> [Required action]: Go through the listing below from its first line and repeat each line exactly, ending at the line containing "pub enum Work" and including it.

=====

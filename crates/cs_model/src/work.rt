// The actors of a log, and the work of movers.

/// Who makes an event.
#[derive(Clone, Copy, Debug, PartialEq, Eq)]
pub enum Actor {
    /// A session, by its number, 1 to 64.
    Session(u32),
    /// A tuple mover, by its number, 1 to 8.
    Mover(u32),
}

/// What a mover does in one event, or a session in its place. Groups are named by their ids; `rows` counts the versions of
/// the group that was made, 0 where there is none (after the tuple mover of SQL Server's columnstore index: Larson et al.,
/// PVLDB 2015).
#[derive(Clone, Copy, Debug, PartialEq, Eq)]
pub enum Work {
    /// A closed store is lent, to be packed into a new group.
    ClaimCompress {
        source: u64,
        fresh: u64,
    },
    /// The new group takes the place of the store.
    InstallCompress {
        source: u64,
        fresh: u64,
        rows: u64,
    },
    /// The store is given back as it is.
    ReleaseCompress {
        source: u64,
        fresh: u64,
    },
    /// A packed group is lent, to be packed anew without the versions that nobody reads.
    ClaimRebuild {
        source: u64,
        fresh: u64,
    },
    /// The new group takes the place of the old one.
    InstallRebuild {
        source: u64,
        fresh: u64,
        rows: u64,
    },
    /// The group is given back as it is.
    ReleaseRebuild {
        source: u64,
        fresh: u64,
    },
    /// Two packed groups are lent, to be packed into one.
    ClaimMerge {
        first: u64,
        second: u64,
        fresh: u64,
    },
    /// The new group takes the place of both.
    InstallMerge {
        first: u64,
        second: u64,
        fresh: u64,
        rows: u64,
    },
    /// Both are given back as they are.
    ReleaseMerge {
        first: u64,
        second: u64,
        fresh: u64,
    },
    /// So many entries of the delete buffer are lent, to be written into the bitmaps of their groups.
    ClaimFlush {
        entries: u64,
    },
    /// They stand in the bitmaps, and leave the buffer.
    InstallFlush {
        entries: u64,
    },
    /// They stay in the buffer.
    ReleaseFlush {
        entries: u64,
    },
    /// So many ends with a commit number became plain ones, which every snapshot sees.
    Settle {
        ends: u64,
    },
    /// So many tombstones were dropped.
    Clear {
        groups: u64,
    },
    /// The open store was closed.
    Close {
        group: u64,
    },
    /// There was no memory for a turn.
    Memory,
}
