//! Predicates.

use cs_base::{Boxed, Items};
use cs_types::{Bytes, Loose};

/// How the two sides of a comparison are to stand to each other.
#[derive(Clone, Copy, Debug, PartialEq, Eq)]
pub enum Relation {
    Equal,
    NotEqual,
    Less,
    LessEqual,
    Greater,
    GreaterEqual,
}

/// A side of a comparison.
#[derive(Debug, Drop)]
pub enum Operand {
    /// The cell of a column.
    Column(usize),
    /// A literal. A text beside a date column is a day.
    Constant(Loose),
}

/// A predicate over the cells of a row.
#[cycle(pred)]
#[derive(Debug, Drop)]
pub enum Pred {
    /// A chain of OR, of at least two parts.
    AnyOf(Items<Pred>),
    /// A chain of AND, of at least two parts.
    AllOf(Items<Pred>),
    /// NOT, for an odd run of NOTs.
    Not(Boxed<Pred>),
    /// A comparison.
    Compare {
        left: Operand,
        sign: Relation,
        right: Operand,
    },
    /// `[NOT] BETWEEN`, which is `>=` the low and `<=` the high one.
    Between {
        column: usize,
        negated: bool,
        low: Loose,
        high: Loose,
    },
    /// `[NOT] IN`, which is the OR of equalities.
    Among {
        column: usize,
        negated: bool,
        list: Items<Loose>,
    },
    /// `[NOT] LIKE`: in the pattern `%` is any run of bytes, `_` one byte, any other byte itself.
    Like {
        column: usize,
        negated: bool,
        pattern: Bytes,
    },
    /// `IS [NOT] NULL`.
    IsNull {
        column: usize,
        negated: bool,
    },
}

=====

> [Written response]:
filename crates/cs_model/src/work.rt
// The actors of a log, and the work of movers.

/// Who makes an event.
#[derive(Clone, Copy, Debug, PartialEq, Eq)]
pub enum Actor {
    /// A session, by its number, 1 to 64.
    Session(u32),
    /// A tuple mover, by its number, 1 to 8.
    Mover(u32),
}

/// What a mover does in one event, or a session in its place. Groups are named by their ids; `rows` counts the versions of
/// the group that was made, 0 where there is none (after the tuple mover of SQL Server's columnstore index: Larson et al.,
/// PVLDB 2015).
#[derive(Clone, Copy, Debug, PartialEq, Eq)]
pub enum Work {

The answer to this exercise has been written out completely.